→ **About this exercise**
In the data below, find the line that contains "pub fn sb(rs1: u32, rs2: u32, offset: u32)" and the line that contains "pub fn sh(rs1: u32, rs2: u32, offset: u32)". Copy both, plus every line between them, exactly.

→ **Source data**
// Instructions by their names, as an assembler writes them: first what is written, then what is read.
//
// RISC-V unprivileged specification, "RV32I Base Integer Instruction Set" and the "M" extension.
ghost use Rattle.std.specs.Prelude.{◌≡◌};

use crate::instr::Instr;

/// Puts a number below 2^20, times 4,096, into `rd`.
pub fn lui(rd: u32, imm: u32) -> Instr
    ensures { result ≡ Instr.Lui rd imm }
{
    Instr::Lui { rd, imm }
}

/// Puts the program counter and a number below 2^20, times 4,096, into `rd`, modulo 2^32.
pub fn auipc(rd: u32, imm: u32) -> Instr
    ensures { result ≡ Instr.Auipc rd imm }
{
    Instr::Auipc { rd, imm }
}

/// Jumps 20 bits with their sign from here, and puts the address of the next instruction into `rd`.
pub fn jal(rd: u32, offset: u32) -> Instr
    ensures { result ≡ Instr.Jal rd offset }
{
    Instr::Jal { rd, offset }
}

/// Jumps to `rs1` and 12 bits with their sign, whose lowest bit is cleared, and puts the address of the next instruction into `rd`.
pub fn jalr(rd: u32, rs1: u32, offset: u32) -> Instr
    ensures { result ≡ Instr.Jalr rd rs1 offset }
{
    Instr::Jalr { rd, rs1, offset }
}

/// Branches where `rs1` is `rs2`.
pub fn beq(rs1: u32, rs2: u32, offset: u32) -> Instr
    ensures { result ≡ Instr.Beq rs1 rs2 offset }
{
    Instr::Beq { rs1, rs2, offset }
}

/// Branches where `rs1` is not `rs2`.
pub fn bne(rs1: u32, rs2: u32, offset: u32) -> Instr
    ensures { result ≡ Instr.Bne rs1 rs2 offset }
{
    Instr::Bne { rs1, rs2, offset }
}

/// Branches where `rs1` is less than `rs2` as signed numbers.
pub fn blt(rs1: u32, rs2: u32, offset: u32) -> Instr
    ensures { result ≡ Instr.Blt rs1 rs2 offset }
{
    Instr::Blt { rs1, rs2, offset }
}

/// Branches where `rs1` is not less than `rs2` as signed numbers.
pub fn bge(rs1: u32, rs2: u32, offset: u32) -> Instr
    ensures { result ≡ Instr.Bge rs1 rs2 offset }
{
    Instr::Bge { rs1, rs2, offset }
}

/// Branches where `rs1` is less than `rs2` as unsigned numbers.
pub fn bltu(rs1: u32, rs2: u32, offset: u32) -> Instr
    ensures { result ≡ Instr.Bltu rs1 rs2 offset }
{
    Instr::Bltu { rs1, rs2, offset }
}

/// Branches where `rs1` is not less than `rs2` as unsigned numbers.
pub fn bgeu(rs1: u32, rs2: u32, offset: u32) -> Instr
    ensures { result ≡ Instr.Bgeu rs1 rs2 offset }
{
    Instr::Bgeu { rs1, rs2, offset }
}

/// Loads a byte with its sign.
pub fn lb(rd: u32, rs1: u32, offset: u32) -> Instr
    ensures { result ≡ Instr.Lb rd rs1 offset }
{
    Instr::Lb { rd, rs1, offset }
}

/// Loads two bytes with their sign.
pub fn lh(rd: u32, rs1: u32, offset: u32) -> Instr
    ensures { result ≡ Instr.Lh rd rs1 offset }
{
    Instr::Lh { rd, rs1, offset }
}

/// Loads a word.
pub fn lw(rd: u32, rs1: u32, offset: u32) -> Instr
    ensures { result ≡ Instr.Lw rd rs1 offset }
{
    Instr::Lw { rd, rs1, offset }
}

/// Loads a byte.
pub fn lbu(rd: u32, rs1: u32, offset: u32) -> Instr
    ensures { result ≡ Instr.Lbu rd rs1 offset }
{
    Instr::Lbu { rd, rs1, offset }
}

/// Loads two bytes.
pub fn lhu(rd: u32, rs1: u32, offset: u32) -> Instr
    ensures { result ≡ Instr.Lhu rd rs1 offset }
{
    Instr::Lhu { rd, rs1, offset }
}

/// Stores the low byte of `rs2`.
pub fn sb(rs1: u32, rs2: u32, offset: u32) -> Instr
    ensures { result ≡ Instr.Sb rs1 rs2 offset }
{
    Instr::Sb { rs1, rs2, offset }
}

/// Stores the low two bytes of `rs2`.
pub fn sh(rs1: u32, rs2: u32, offset: u32) -> Instr
    ensures { result ≡ Instr.Sh rs1 rs2 offset }
{
    Instr::Sh { rs1, rs2, offset }
}

/// Stores `rs2`.
pub fn sw(rs1: u32, rs2: u32, offset: u32) -> Instr
    ensures { result ≡ Instr.Sw rs1 rs2 offset }
{
    Instr::Sw { rs1, rs2, offset }
}

/// Adds 12 bits with their sign to `rs1`, modulo 2^32, and puts the sum into `rd`.
pub fn addi(rd: u32, rs1: u32, imm: u32) -> Instr
    ensures { result ≡ Instr.Addi rd rs1 imm }
{
    Instr::Addi { rd, rs1, imm }
}

/// 1 where `rs1` is less than the immediate as signed numbers, else 0.
pub fn slti(rd: u32, rs1: u32, imm: u32) -> Instr
    ensures { result ≡ Instr.Slti rd rs1 imm }
{
    Instr::Slti { rd, rs1, imm }
}

/// 1 where `rs1` is less than the immediate with its sign as unsigned numbers, else 0.
pub fn sltiu(rd: u32, rs1: u32, imm: u32) -> Instr
    ensures { result ≡ Instr.Sltiu rd rs1 imm }
{
    Instr::Sltiu { rd, rs1, imm }
}

/// The bits of `rs1` that differ from those of the immediate with its sign.
pub fn xori(rd: u32, rs1: u32, imm: u32) -> Instr
    ensures { result ≡ Instr.Xori rd rs1 imm }
{
    Instr::Xori { rd, rs1, imm }
}

/// The bits of `rs1` or of the immediate with its sign.
pub fn ori(rd: u32, rs1: u32, imm: u32) -> Instr
    ensures { result ≡ Instr.Ori rd rs1 imm }
{
    Instr::Ori { rd, rs1, imm }
}

/// The bits of both `rs1` and the immediate with its sign.
pub fn andi(rd: u32, rs1: u32, imm: u32) -> Instr
    ensures { result ≡ Instr.Andi rd rs1 imm }
{
    Instr::Andi { rd, rs1, imm }
}

/// Shifts `rs1` to the left by a number below 32.
pub fn slli(rd: u32, rs1: u32, amount: u32) -> Instr
    ensures { result ≡ Instr.Slli rd rs1 amount }
{
    Instr::Slli { rd, rs1, amount }
}

/// Shifts `rs1` to the right, with zeros from above.
pub fn srli(rd: u32, rs1: u32, amount: u32) -> Instr
    ensures { result ≡ Instr.Srli rd rs1 amount }
{
    Instr::Srli { rd, rs1, amount }
}

/// Shifts `rs1` to the right, with its sign from above.
pub fn srai(rd: u32, rs1: u32, amount: u32) -> Instr
    ensures { result ≡ Instr.Srai rd rs1 amount }
{
    Instr::Srai { rd, rs1, amount }
}

/// Adds `rs1` and `rs2`, modulo 2^32.
pub fn add(rd: u32, rs1: u32, rs2: u32) -> Instr
    ensures { result ≡ Instr.Add rd rs1 rs2 }
{
    Instr::Add { rd, rs1, rs2 }
}

/// Subtracts `rs2` from `rs1`, modulo 2^32.
pub fn sub(rd: u32, rs1: u32, rs2: u32) -> Instr
    ensures { result ≡ Instr.Sub rd rs1 rs2 }
{
    Instr::Sub { rd, rs1, rs2 }
}

/// Shifts `rs1` to the left by the low five bits of `rs2`.
pub fn sll(rd: u32, rs1: u32, rs2: u32) -> Instr
    ensures { result ≡ Instr.Sll rd rs1 rs2 }
{
    Instr::Sll { rd, rs1, rs2 }
}

/// 1 where `rs1` is less than `rs2` as signed numbers, else 0.
pub fn slt(rd: u32, rs1: u32, rs2: u32) -> Instr
    ensures { result ≡ Instr.Slt rd rs1 rs2 }
{
    Instr::Slt { rd, rs1, rs2 }
}

/// 1 where `rs1` is less than `rs2` as unsigned numbers, else 0.
pub fn sltu(rd: u32, rs1: u32, rs2: u32) -> Instr
    ensures { result ≡ Instr.Sltu rd rs1 rs2 }
{
    Instr::Sltu { rd, rs1, rs2 }
}

/// The bits of `rs1` that differ from those of `rs2`.
pub fn xor(rd: u32, rs1: u32, rs2: u32) -> Instr
    ensures { result ≡ Instr.Xor rd rs1 rs2 }
{
    Instr::Xor { rd, rs1, rs2 }
}

/// Shifts `rs1` to the right by the low five bits of `rs2`, with zeros from above.
pub fn srl(rd: u32, rs1: u32, rs2: u32) -> Instr
    ensures { result ≡ Instr.Srl rd rs1 rs2 }
{
    Instr::Srl { rd, rs1, rs2 }
}

/// Shifts `rs1` to the right by the low five bits of `rs2`, with its sign from above.
pub fn sra(rd: u32, rs1: u32, rs2: u32) -> Instr
    ensures { result ≡ Instr.Sra rd rs1 rs2 }
{
    Instr::Sra { rd, rs1, rs2 }
}

/// The bits of `rs1` or `rs2`.
pub fn or(rd: u32, rs1: u32, rs2: u32) -> Instr
    ensures { result ≡ Instr.Or rd rs1 rs2 }
{
    Instr::Or { rd, rs1, rs2 }
}

/// The bits of both `rs1` and `rs2`.
pub fn and(rd: u32, rs1: u32, rs2: u32) -> Instr
    ensures { result ≡ Instr.And rd rs1 rs2 }
{
    Instr::And { rd, rs1, rs2 }
}

/// The low word of the product.
pub fn mul(rd: u32, rs1: u32, rs2: u32) -> Instr
    ensures { result ≡ Instr.Mul rd rs1 rs2 }
{
    Instr::Mul { rd, rs1, rs2 }
}

/// The high word of the product of signed numbers.
pub fn mulh(rd: u32, rs1: u32, rs2: u32) -> Instr
    ensures { result ≡ Instr.Mulh rd rs1 rs2 }
{
    Instr::Mulh { rd, rs1, rs2 }
}

/// The high word of the product of signed `rs1` and unsigned `rs2`.
pub fn mulhsu(rd: u32, rs1: u32, rs2: u32) -> Instr
    ensures { result ≡ Instr.Mulhsu rd rs1 rs2 }
{
    Instr::Mulhsu { rd, rs1, rs2 }
}

/// The high word of the product of unsigned numbers.
pub fn mulhu(rd: u32, rs1: u32, rs2: u32) -> Instr
    ensures { result ≡ Instr.Mulhu rd rs1 rs2 }
{
    Instr::Mulhu { rd, rs1, rs2 }
}

/// The quotient of signed numbers, toward zero; all ones by zero.
pub fn div(rd: u32, rs1: u32, rs2: u32) -> Instr
    ensures { result ≡ Instr.Div rd rs1 rs2 }
{
    Instr::Div { rd, rs1, rs2 }
}

/// The quotient of unsigned numbers; all ones by zero.
pub fn divu(rd: u32, rs1: u32, rs2: u32) -> Instr
    ensures { result ≡ Instr.Divu rd rs1 rs2 }
{
    Instr::Divu { rd, rs1, rs2 }
}

/// The remainder of signed numbers, with the sign of `rs1`; `rs1` by zero.
pub fn rem(rd: u32, rs1: u32, rs2: u32) -> Instr
    ensures { result ≡ Instr.Rem rd rs1 rs2 }
{
    Instr::Rem { rd, rs1, rs2 }
}

/// The remainder of unsigned numbers; `rs1` by zero.
pub fn remu(rd: u32, rs1: u32, rs2: u32) -> Instr
    ensures { result ≡ Instr.Remu rd rs1 rs2 }
{
    Instr::Remu { rd, rs1, rs2 }
}

/// Does nothing, whatever its fields.
pub fn fence(rd: u32, rs1: u32, imm: u32) -> Instr
    ensures { result ≡ Instr.Fence rd rs1 imm }
{
    Instr::Fence { rd, rs1, imm }
}

/// Calls the environment.
pub fn ecall() -> Instr
    ensures { result ≡ Instr.Ecall }
{
    Instr::Ecall
}

/// Stops the machine by a fault.
pub fn ebreak() -> Instr
    ensures { result ≡ Instr.Ebreak }
{
    Instr::Ebreak
}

→ **Solution for this exercise**
pub fn sb(rs1: u32, rs2: u32, offset: u32) -> Instr
    ensures { result ≡ Instr.Sb rs1 rs2 offset }
{
    Instr::Sb { rs1, rs2, offset }
}

/// Stores the low two bytes of `rs2`.
pub fn sh(rs1: u32, rs2: u32, offset: u32) -> Instr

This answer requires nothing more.